The behaviour of return; anywhere in your function is exactly the same as when the code reaches the end of your function, the caller receives undefined.
In that code it's used together with a condition. I would have to assume that you didn't show the full code.
This method is used often to jump to the end of the function when a pre-condition is not met as it might be more readable than five indentations, each with another condition.
The problem is that your opening and closing { } braces don't line up, so depending on which is correct, this will perform differently. If the closing brace for the if is after the return, then this will act like a continue in a regular for loop.
$(".items").each(function(){
mthis = $(this);
var xposition = some .x() position value;
if (xposition < 0) {
mthis.remove();
return;
}
}
As it turns out, a continue at the end of a for loop is also implicit, so this doesn't really serve a purpose.
Of course, if you're question is more theoretical, the answer is that generally it doesn't make a difference:
function doSomething() {
alert("Hello, world");
return; //purely a matter of preference
}
Here, the method would implicitly return even without the direct invocation of return by virtue of being at the end of the code-block; in some cases it can be useful just as an indicator that you are at the end of the function, particular if there was a lot of nesting.

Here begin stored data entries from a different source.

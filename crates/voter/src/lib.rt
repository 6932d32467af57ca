//! A voter of the voting lock: it has one vote, and grants it to one request at a time.
//!
//! A client that wants the lock asks every voter of a quorum for its vote, by REQUEST. A voter
//! grants its vote to the request that precedes the others that it knows, and sends LOCKED. The
//! other requests wait in a queue.
//!
//! - If the granted request or a waiting one precedes a new request, the new one receives FAIL.
//! - If none does, the voter asks the holder to give the vote back (INQUIRE).
//! - If a new request becomes the first in the queue, the former first one receives FAIL.
//! - A holder that can't win yet gives the vote back (RELINQUISH), and goes on waiting.
//! - RELEASE ends a request.
//!
//! This is the arbiter of Maekawa, "A sqrt(N) algorithm for mutual exclusion in decentralized
//! systems", ACM TOCS 3(2), 1985. Messages may be repeated, lost and late, so grants are numbered
//! and finished stamps are remembered.
//!
//! # Running a voter
//!
//! A [`Voter`] is a pure machine: it has no clock, no socket and no thread.
//!
//! - Give each message to [`Voter::take`], one at a time, and send the replies in order.
//! - A voter that has to survive a crash is saved before its replies are sent: [`Voter::save`] writes
//!   it as numbers, and [`Voter::restore`] reads them. [`Voter::forget`] leaves only what has to
//!   survive.
//! - A message that is refused changes nothing.
//! - [`Voter::effect`] returns beforehand whether a message would end the current grant. A board of
//!   votes has to settle the grant first.
//! - [`Voter::remind`] may be sent at any time.
//! - [`Voter::raise`] skips numbers of grants, and keeps the grant. So a voter goes on above a number that
//!   others know.
//! - [`Voter::take_into`] is `take` with the replies in a buffer of the caller's. It is for callers
//!   that make many steps.
//!
//! # What is proved
//!
//! The steps are exactly the definition in `specs/Steps.antt`. Its state has:
//!
//! - a grant or none;
//! - a finite map from waiting client to stamp, with its least request as the front;
//! - the finished stamps;
//! - the number of grants given, and the highest stamp seen.
//!
//! A saved voter is restored as it was, each state has one text, and what is restored is sound
//! whatever the numbers are (`specs/Saved.antt`).
//!
//! The laws on this page are what proofs about many voters and clients may use.
//!
//! Depends on `message` and `numbers`. A world of voters and clients, and threads that run one,
//! depend on this crate.
//!
//! ```
//! let mut voter = Voter::new(0, 1000);
//! let replies = voter.take(&ToVoter { client: 1, voter: 0, body: VoterBody::Request { stamp: 1 } })?;
//! // replies: LOCKED for client 1, stamp 1, under grant number 1
//! ```
#![tactic(auto)]

mod fault;
mod laws;
mod queue;
mod saved;
mod state;
mod voter;

pub use fault::VoterFault;
pub use laws::{
    grants_are_numbered, messages_finish_requests, releases_end_requests,
    reminders_repeat_the_vote, replies_carry_what_was_seen, replies_report_the_state,
    requests_are_taken_up, requests_stay, voters_meet_the_contract, voters_stay_kept,
    voters_stay_sound, voters_with_grants_take_messages, votes_are_asked_back,
    votes_given_back_go_on, votes_go_to_the_first,
};
pub use saved::{SAVED_WORDS, SavedWords};
pub use state::{Effect, Grant, Replies};
pub use voter::Voter;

If not at the bottom, it definitely makes a difference, since nothing after the return; will be executed. Otherwise the difference is purely stylistic. Saves you a few characters to leave it out of course!
Just like return false, it'll cancel out of the block (in this case, the function) early. The return value will be undefined.
At the end of a function, it's equivalent to not using a return statement at all, but your example doesn't look like the end of a function to me.
EDIT: Just to make it a bit clearer: This particular return statement is at the end of the surrounding if clause, not the function as a whole. In other words, the condition of the if clause specifies a situation in which the function should terminate mid-way.
EDIT 2: By "the function", I refer to the inner, anonymous function. return;, being equivalent to return undefined;, will indeed cause jQuery.each() to move on to the next item. (Also, it seems that I was mistaken about there being more code in the function; given the OP's edit to the code sample, it really does look like a pointless return statement.)